**Problem description**
Below is a listing. Set down exactly the lines from the one containing "self.storage.count(lane)" through the one containing "fn take(&mut self, lane: usize, space: &mut", both ends included, and leave out the rest.

**Dataset entries**
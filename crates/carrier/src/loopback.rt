// Two parcels through an empty lane of any carrier, and back.
// Assumes nothing.
ghost use Rattle.carrier.specs.Loopback.{Drawn, Filled, Looped};
ghost use Rattle.carrier.specs.Stored.{parcel_of};

use crate::storage::Packet;
use crate::traits::{Carrier, LONGEST_BODY};
use words::body::Body;
use words::refusal::Refusal;

// The answers of three takes after two posts.
#[derive(Clone, Copy)]
pub struct Returned {
    pub first: Packet,
    pub second: Packet,
    pub third: Result<Packet, Refusal>,
}

// Takes a parcel from a lane into memory of its own.
pub fn take_packet<C: Carrier>(carrier: &mut C, lane: usize) -> Result<Packet, Refusal>
    ensures { Drawn (C.Carrier.lanes carrier.old) lane result (C.Carrier.lanes carrier.new) }
{
    let mut words = [0; LONGEST_BODY];
    let received = carrier.take(lane, &mut words)?;
    Ok(Packet {
        head: received.head,
        body: Body {
            size: received.size,
            words,
        },
    })
}

// Posts two parcels to a lane in which nothing waits.
fn post_both<C: Carrier>(
    carrier: &mut C,
    lane: usize,
    first: &Packet,
    second: &Packet,
) -> Result<(), Refusal>
    ensures { Filled (C.Carrier.lanes carrier.old) lane (parcel_of first.now) (parcel_of second.now) result (C.Carrier.lanes carrier.new) }
{
    if carrier.count(lane)? > 0 {
        return Err(Refusal::ParcelWaiting);
    }
    carrier.post(lane, first.head, first.body())?;
    carrier.post(lane, second.head, second.body())
}

// Posts two parcels to a lane in which nothing waits, and takes until nothing waits there again.
pub fn loopback<C: Carrier>(
    carrier: &mut C,
    lane: usize,
    first: &Packet,
    second: &Packet,
) -> Result<Returned, Refusal>
    ensures { Looped (C.Carrier.lanes carrier.old) lane (parcel_of first.now) (parcel_of second.now) result (C.Carrier.lanes carrier.new) }
{
    post_both(carrier, lane, first, second)?;
    Ok(Returned {
        first: take_packet(carrier, lane)?,
        second: take_packet(carrier, lane)?,
        third: take_packet(carrier, lane),
    })
}
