// The lanes of a carrier: the queue at k is lane k, for each k below the count.
// Assumes nothing.
ghost use Rattle.carrier.specs.Parcels.{waiting, Counted, Posted, TakenAt};
ghost use Rattle.carrier.specs.Stored.{lanes_of, place_of, Opened};

use crate::storage::{End, Packet, Queue, Storage};
use crate::traits::{ENOUGH_SPACE, MOST_LANES, Received};
use words::refusal::Refusal;

impl Storage {
    // So many lanes, all empty.
    pub(crate) fn new(lanes: usize) -> Result<Storage, Refusal>
        ensures { Opened lanes_of lanes result }
    {
        if lanes > MOST_LANES {
            return Err(Refusal::NoSuchLane);
        }
        Ok(Storage {
            count: lanes,
            queues: [Queue::empty(); MOST_LANES],
        })
    }

    // How many parcels wait in a lane.
    pub(crate) fn count(&self, lane: usize) -> Result<usize, Refusal>
        ensures { Counted (lanes_of self.now) lane result }
    {
        if lane >= self.count {
            return Err(Refusal::NoSuchLane);
        }
        Ok(self.queues[lane].held())
    }

    // Adds a parcel at the end of a lane.
    pub(crate) fn post(&mut self, lane: usize, head: u32, body: &[u32]) -> Result<(), Refusal>
        ensures { Posted (lanes_of self.old) lane head body.now result (lanes_of self.new) }
    {
        let queues = &mut self.queues[0..self.count];
        if lane >= queues.len() {
            return Err(Refusal::NoSuchLane);
        }
        let packet = Packet::new(head, body)?;
        queues[lane].push(packet)
    }

    // Removes the parcel at an end of a lane and gives it out.
    pub(crate) fn take(
        &mut self,
        lane: usize,
        end: End,
        space: &mut [u32],
    ) -> Result<Received, Refusal>
        ensures { TakenAt (place_of end (waiting (lanes_of self.old) lane)) (lanes_of self.old) lane space.old result space.new (lanes_of self.new) }
    {
        let queues = &mut self.queues[0..self.count];
        if lane >= queues.len() {
            return Err(Refusal::NoSuchLane);
        }
        if space.len() < ENOUGH_SPACE {
            return Err(Refusal::SpaceTooShort);
        }
        queues[lane].pull(end, space)
    }
}
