// The tray: a carrier that gives the oldest or the newest parcel of a lane, by a number of its own.
// Assumes nothing.
ghost use Rattle.std.specs.Prelude.{◌≡◌, is_ok, IfOk, if◌then◌else◌};
ghost use Rattle.carrier.specs.Carriers.{tray_lanes, next_number, end_by};
ghost use Rattle.carrier.specs.Parcels.{waiting, Posted, Taken, TakenAt};
ghost use Rattle.carrier.specs.Stored.{place_of, Opened};
ghost use Rattle.carrier.specs.Stores.{few_lanes, short_lanes};

use crate::storage::{End, Storage};
use crate::traits::{Carrier, Received};
use words::refusal::Refusal;

// The number s of a tray is followed by (1664525 s + 1013904223) mod 2^32.
const MULTIPLIER: u32 = 1_664_525;

const INCREMENT: u32 = 1_013_904_223;

// The newest parcel is given where this bit of the new number is 1, else the oldest.
const HIGHEST_BIT: u32 = 31;

// A carrier with one number for all its lanes, which decides which parcel a take gives. A take that is
// refused leaves it.
// Count and post call the storage as those of the line do: one carrier over a trait of choosers would be a trait, its two impls and a
// generic struct in place of four calls, two here and two there.
#[derive(Drop)]
pub struct Tray {
    storage: Storage,
    number: u32,
}

// The number after this one.
fn next(number: u32) -> u32
    ensures { result ≡ next_number number }
{
    number.wrapping_mul(MULTIPLIER).wrapping_add(INCREMENT)
}

// The end of a lane that a new number chooses.
fn chosen(number: u32) -> End
    ensures { result ≡ end_by number }
{
    if number >> HIGHEST_BIT == 1 {
        End::Newest
    } else {
        End::Oldest
    }
}

impl Tray {
    // A tray with so many lanes, all empty, and its first number.
    pub fn new(lanes: usize, seed: u32) -> Result<Tray, Refusal>
        ensures lanes { Opened tray_lanes lanes result }
        ensures number { IfOk result (λ tray. tray.number ≡ seed) }
    {
        Ok(Tray {
            storage: Storage::new(lanes)?,
            number: seed,
        })
    }
}

impl Carrier for Tray {
    ghost lanes = { tray_lanes };

    ghost few = { λ tray. few_lanes tray.storage };

    ghost short = { λ tray. short_lanes _ };

    fn count(&self, lane: usize) -> Result<usize, Refusal> {
        self.storage.count(lane)
    }

    fn post(&mut self, lane: usize, head: u32, body: &[u32]) -> Result<(), Refusal>
        ensures posted { Posted (tray_lanes self.old) lane head body.now result (tray_lanes self.new) }
        ensures number { self.new.number ≡ self.old.number }
    {
        self.storage.post(lane, head, body)
    }

    fn take(&mut self, lane: usize, space: &mut [u32]) -> Result<Received, Refusal>
        ensures some { Taken (tray_lanes self.old) lane space.old result space.new (tray_lanes self.new) }
        ensures chosen { TakenAt (place_of (end_by (next_number self.old.number)) (waiting (tray_lanes self.old) lane)) (tray_lanes self.old) lane space.old result space.new (tray_lanes self.new) }
        ensures number { self.new.number ≡ (if is_ok result then next_number self.old.number else self.old.number) }
    {
        let number = next(self.number);
        let received = self.storage.take(lane, chosen(number), space)?;
        self.number = number;
        Ok(received)
    }
}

**Result below**
        self.storage.count(lane)
    }

    fn post(&mut self, lane: usize, head: u32, body: &[u32]) -> Result<(), Refusal>
        ensures posted { Posted (tray_lanes self.old) lane head body.now result (tray_lanes self.new) }
        ensures number { self.new.number ≡ self.old.number }
    {
        self.storage.post(lane, head, body)
    }

    fn take(&mut self, lane: usize, space: &mut [u32]) -> Result<Received, Refusal>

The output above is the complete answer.